Segment Start: RECORD SET
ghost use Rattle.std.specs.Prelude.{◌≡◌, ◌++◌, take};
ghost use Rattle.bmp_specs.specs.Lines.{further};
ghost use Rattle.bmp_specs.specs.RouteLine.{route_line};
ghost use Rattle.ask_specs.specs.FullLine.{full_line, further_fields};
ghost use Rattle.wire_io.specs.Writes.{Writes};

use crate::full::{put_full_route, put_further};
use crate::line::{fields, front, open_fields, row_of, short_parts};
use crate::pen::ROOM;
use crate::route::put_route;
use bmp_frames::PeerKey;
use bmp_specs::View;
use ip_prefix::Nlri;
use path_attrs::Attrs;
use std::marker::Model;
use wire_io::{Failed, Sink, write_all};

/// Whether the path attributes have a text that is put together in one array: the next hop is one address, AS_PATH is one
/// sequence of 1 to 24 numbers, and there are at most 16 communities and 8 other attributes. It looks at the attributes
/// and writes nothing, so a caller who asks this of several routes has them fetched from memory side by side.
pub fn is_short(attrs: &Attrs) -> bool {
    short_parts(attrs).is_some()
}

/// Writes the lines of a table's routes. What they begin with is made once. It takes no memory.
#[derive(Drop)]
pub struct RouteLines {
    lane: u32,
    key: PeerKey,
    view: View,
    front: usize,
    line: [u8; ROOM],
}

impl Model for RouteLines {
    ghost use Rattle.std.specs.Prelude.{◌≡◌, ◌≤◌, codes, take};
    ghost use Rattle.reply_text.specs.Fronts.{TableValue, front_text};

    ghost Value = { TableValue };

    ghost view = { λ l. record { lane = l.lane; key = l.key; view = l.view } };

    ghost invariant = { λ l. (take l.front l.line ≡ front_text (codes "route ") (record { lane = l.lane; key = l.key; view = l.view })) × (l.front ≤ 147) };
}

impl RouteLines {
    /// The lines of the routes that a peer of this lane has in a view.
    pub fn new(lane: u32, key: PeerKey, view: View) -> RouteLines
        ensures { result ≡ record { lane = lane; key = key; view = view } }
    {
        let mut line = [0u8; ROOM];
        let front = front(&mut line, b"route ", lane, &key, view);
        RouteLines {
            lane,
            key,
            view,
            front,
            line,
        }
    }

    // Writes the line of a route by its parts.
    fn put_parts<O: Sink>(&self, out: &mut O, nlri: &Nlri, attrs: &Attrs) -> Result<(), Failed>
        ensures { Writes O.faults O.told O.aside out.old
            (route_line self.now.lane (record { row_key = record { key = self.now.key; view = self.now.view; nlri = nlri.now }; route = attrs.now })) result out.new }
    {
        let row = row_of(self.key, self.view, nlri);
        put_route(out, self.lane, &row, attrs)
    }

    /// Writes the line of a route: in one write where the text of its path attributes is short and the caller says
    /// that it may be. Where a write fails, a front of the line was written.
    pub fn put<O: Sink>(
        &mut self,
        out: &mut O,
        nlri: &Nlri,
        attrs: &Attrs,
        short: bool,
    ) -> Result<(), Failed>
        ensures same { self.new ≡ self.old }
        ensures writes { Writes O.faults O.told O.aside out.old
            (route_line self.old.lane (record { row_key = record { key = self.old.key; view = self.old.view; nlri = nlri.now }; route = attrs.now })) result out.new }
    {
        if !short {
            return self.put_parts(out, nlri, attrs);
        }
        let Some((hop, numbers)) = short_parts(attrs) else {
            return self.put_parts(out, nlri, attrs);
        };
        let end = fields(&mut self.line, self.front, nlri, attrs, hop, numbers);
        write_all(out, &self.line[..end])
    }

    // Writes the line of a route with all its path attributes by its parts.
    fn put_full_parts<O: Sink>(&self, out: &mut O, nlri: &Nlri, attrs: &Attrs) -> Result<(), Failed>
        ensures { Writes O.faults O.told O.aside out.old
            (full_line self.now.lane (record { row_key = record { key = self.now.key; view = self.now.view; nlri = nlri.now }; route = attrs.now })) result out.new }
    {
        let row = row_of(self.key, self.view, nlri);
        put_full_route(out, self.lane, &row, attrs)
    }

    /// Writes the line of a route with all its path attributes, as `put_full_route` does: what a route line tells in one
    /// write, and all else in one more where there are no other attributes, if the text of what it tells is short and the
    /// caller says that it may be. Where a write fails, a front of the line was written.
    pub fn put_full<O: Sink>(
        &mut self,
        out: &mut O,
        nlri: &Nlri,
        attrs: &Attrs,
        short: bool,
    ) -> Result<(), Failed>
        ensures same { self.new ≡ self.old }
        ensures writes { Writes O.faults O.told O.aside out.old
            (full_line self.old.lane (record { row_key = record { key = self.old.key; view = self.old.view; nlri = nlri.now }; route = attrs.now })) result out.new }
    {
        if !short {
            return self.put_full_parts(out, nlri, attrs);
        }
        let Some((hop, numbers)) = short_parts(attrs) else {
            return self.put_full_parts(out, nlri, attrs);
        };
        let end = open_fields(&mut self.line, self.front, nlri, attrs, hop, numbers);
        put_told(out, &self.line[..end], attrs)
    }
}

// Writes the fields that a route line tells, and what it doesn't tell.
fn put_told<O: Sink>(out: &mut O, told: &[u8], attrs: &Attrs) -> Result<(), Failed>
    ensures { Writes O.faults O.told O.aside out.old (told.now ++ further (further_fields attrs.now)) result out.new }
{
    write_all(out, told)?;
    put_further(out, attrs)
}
Segment End: RECORD SET
> _TASK TO COMPLETE_
Please return every line of the material above that includes "this".

> _EXERCISE OUTPUT_
/// and writes nothing, so a caller who asks this of several routes has them fetched from memory side by side.
    /// The lines of the routes that a peer of this lane has in a view.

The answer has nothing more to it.